This exercise calls for copying every line below that holds the word "single".

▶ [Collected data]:

########################################

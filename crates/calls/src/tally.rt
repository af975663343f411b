// The tally of a run: how many turns were of each kind. The contracts cite `counted` of specs/Calls.
ghost use Rattle.std.specs.Prelude.{◌≡◌, ℕ, ◌+◌, ◌<◌, get_or, set};
ghost use Rattle.turn.specs.Turn.{kind_number};

use turn::Kind;

// The number of a kind. No `From`: neither type is of this crate.
pub fn kind_number(kind: Kind) -> usize
    ensures { (result ≡ kind_number kind) × (result < 8) }
{
    kind as usize
}

// The tally with one more turn of this kind.
pub fn counted(counts: [u64; 8], kind: Kind) -> [u64; 8]
    requires { (i : ℕ) → get_or counts i 0 < 18446744073709551615 }
    ensures { result ≡ set counts (kind_number kind) (get_or counts (kind_number kind) 0 + 1) }
{
    let mut next = counts;
    next[kind_number(kind)] += 1;
    next
}
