// The calls that users make over a shared table: start, turn, run, read. Each checks the rows of the check table in its order, refuses
// with number and place and no word altered, and else gives what specs/Calls says. The contract of `start` has the promise on whole lists
// of calls (specs/Promise).
#![tactic(auto)]

ghost use Rattle.std.specs.Prelude.{◌≡◌};
ghost use Rattle.job.specs.Rows.{◌⨾◌};
ghost use Rattle.job.specs.Format.{job_of};
ghost use Rattle.job.specs.Checks.{check_job};
ghost use Rattle.job.specs.Check.{Accepted};
ghost use Rattle.job.specs.Claims.{Index};
ghost use Rattle.table.specs.Questions.{Counted};
ghost use Rattle.table.specs.Ranges.{check_table};
ghost use Rattle.calls.specs.Calls.{start_check, start_table, check_turn_worker, turn_check, turn_answer, turn_table, check_schedule, run_check, run_answer, run_left, Ran, check_claim_read, read_check, read_answer};
ghost use Rattle.calls.specs.Promise.{Promise};
ghost use Rattle.calls.specs.Worked.{Worked};
ghost use Rattle.turn.specs.Ready.{Ready};

pub mod schedule;
pub mod tally;

use job::checks::{MOST_CLAIMS, MOST_WORKERS};
use job::{Check, ClaimIndex, Job, Refusal, claims};
use table::{Reading, questions, words};
use turn::{Kind, single};

// Rows 1 to 9, as starting checks them.
pub fn check_start(job: &[u8], table: &[u32]) -> Check
    ensures { result ≡ start_check job.now table.now }
{
    job::checks::check_job(job)?;
    table::checks::check_room(&Job::of_accepted(job), table)
}

// Starts a table for a job: rows 1 to 9. Of an accepted job every list of calls from a started table keeps demands 2 and 3.
pub fn start(job: &[u8], table: &mut [u32]) -> Check
    ensures value { result ≡ start_check job.now table.old }
    ensures table_after { table.new ≡ start_table (start_check job.now table.old) job.now table.old }
    ensures promise { Accepted ≡ check_job job.now → Promise job.now }
{
    check_start(job, table)?;
    table::start::write_start(&Job::of_accepted(job), table);
    Ok(())
}

// A turn on an accepted job, whose index of claims and counts of questions are lent: rows 9 to 11.
fn turn_accepted(
    job: &Job,
    index: &ClaimIndex,
    counts: &[u32; MOST_WORKERS],
    table: &mut [u32],
    worker: usize,
) -> Result<Kind, Refusal>
    requires { Index job.now index.now × Counted (job_of job.now) counts.now }
    ensures value { result ≡ turn_answer (check_table (job_of job.now) table.old ⨾ check_turn_worker job.now worker) job.now table.old worker }
    ensures table_after { table.new ≡ turn_table (check_table (job_of job.now) table.old ⨾ check_turn_worker job.now worker) job.now table.old worker }
{
    table::checks::check_table(job, index, counts, table)?;
    if job.worker_count() <= worker {
        return Err(Refusal {
            number: 11,
            place: 0,
        });
    }
    let asked = questions::index_questions(job, counts);
    Ok(single::take_single(job, index, &asked, table, worker))
}

// A turn of a worker: rows 1 to 11.
pub fn turn(job: &[u8], table: &mut [u32], worker: usize) -> Result<Kind, Refusal>
    ensures value { result ≡ turn_answer (turn_check job.now table.old worker) job.now table.old worker }
    ensures table_after { table.new ≡ turn_table (turn_check job.now table.old worker) job.now table.old worker }
{
    job::checks::check_job(job)?;
    let accepted = Job::of_accepted(job);
    // An array of its own: an index that a function answers would be copied, 10 KB of stack.
    let mut index = [0u16; claims::INDEX_ENTRIES];
    accepted.fill_index(&mut index);
    let counts = questions::count_questions(&accepted);
    turn_accepted(&accepted, &index, &counts, table, worker)
}

// A run on an accepted job and a table in range: row 11.
fn run_in_range(
    job: &Job,
    index: &ClaimIndex,
    counts: &[u32; MOST_WORKERS],
    table: &mut [u32],
    schedule: &[u8],
) -> Result<[u64; 8], Refusal>
    requires { Ready job.now index.now table.old × Counted (job_of job.now) counts.now }
    ensures { Ran (check_schedule job.now schedule.now) job.now table.old schedule.now result table.new }
{
    schedule::check_schedule(job, schedule)?;
    let asked = questions::index_questions(job, counts);
    Ok(schedule::run_turns(job, index, &asked, table, schedule))
}

// A run on an accepted job, whose index of claims and counts of questions are lent: rows 9 to 11.
fn run_accepted(
    job: &Job,
    index: &ClaimIndex,
    counts: &[u32; MOST_WORKERS],
    table: &mut [u32],
    schedule: &[u8],
) -> Result<[u64; 8], Refusal>
    requires { Index job.now index.now × Counted (job_of job.now) counts.now }
    ensures { Ran (check_table (job_of job.now) table.old ⨾ check_schedule job.now schedule.now) job.now table.old schedule.now result table.new }
{
    table::checks::check_table(job, index, counts, table)?;
    prove!(job.claim_count() <= MOST_CLAIMS);
    run_in_range(job, index, counts, table, schedule)
}

// A run: the turns that the schedule names, a byte a turn, answered by how many were of each kind. Rows 1 to 11.
pub fn run(job: &[u8], table: &mut [u32], schedule: &[u8]) -> Result<[u64; 8], Refusal>
    ensures value { result ≡ run_answer job.now table.old schedule.now }
    ensures table_after { table.new ≡ run_left (run_check job.now table.old schedule.now) job.now table.old schedule.now }
    ensures worked { Worked job.now table.old schedule.now result table.new }
{
    job::checks::check_job(job)?;
    let accepted = Job::of_accepted(job);
    let mut index = [0u16; claims::INDEX_ENTRIES];
    accepted.fill_index(&mut index);
    let counts = questions::count_questions(&accepted);
    run_accepted(&accepted, &index, &counts, table, schedule)
}

// Reads a claim of an accepted job, whose index of claims and counts of questions are lent: rows 9, 10 and 12.
fn read_accepted(
    job: &Job,
    index: &ClaimIndex,
    counts: &[u32; MOST_WORKERS],
    table: &[u32],
    claim: usize,
) -> Result<Reading, Refusal>
    requires { Index job.now index.now × Counted (job_of job.now) counts.now }
    ensures { result ≡ read_answer (check_table (job_of job.now) table.now ⨾ check_claim_read job.now claim) table.now claim }
{
    table::checks::check_table(job, index, counts, table)?;
    if job.claim_count() <= claim {
        return Err(Refusal {
            number: 12,
            place: 0,
        });
    }
    Ok(words::reading_of(words::mark_at(table, claim)))
}

// Reads a claim: rows 1 to 10, then 12.
pub fn read(job: &[u8], table: &[u32], claim: usize) -> Result<Reading, Refusal>
    ensures { result ≡ read_answer (read_check job.now table.now claim) table.now claim }
{
    job::checks::check_job(job)?;
    let accepted = Job::of_accepted(job);
    let mut index = [0u16; claims::INDEX_ENTRIES];
    accepted.fill_index(&mut index);
    let counts = questions::count_questions(&accepted);
    read_accepted(&accepted, &index, &counts, table, claim)
}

########################################

▶ [Answer space]:
use turn::{Kind, single};
    Ok(single::take_single(job, index, &asked, table, worker))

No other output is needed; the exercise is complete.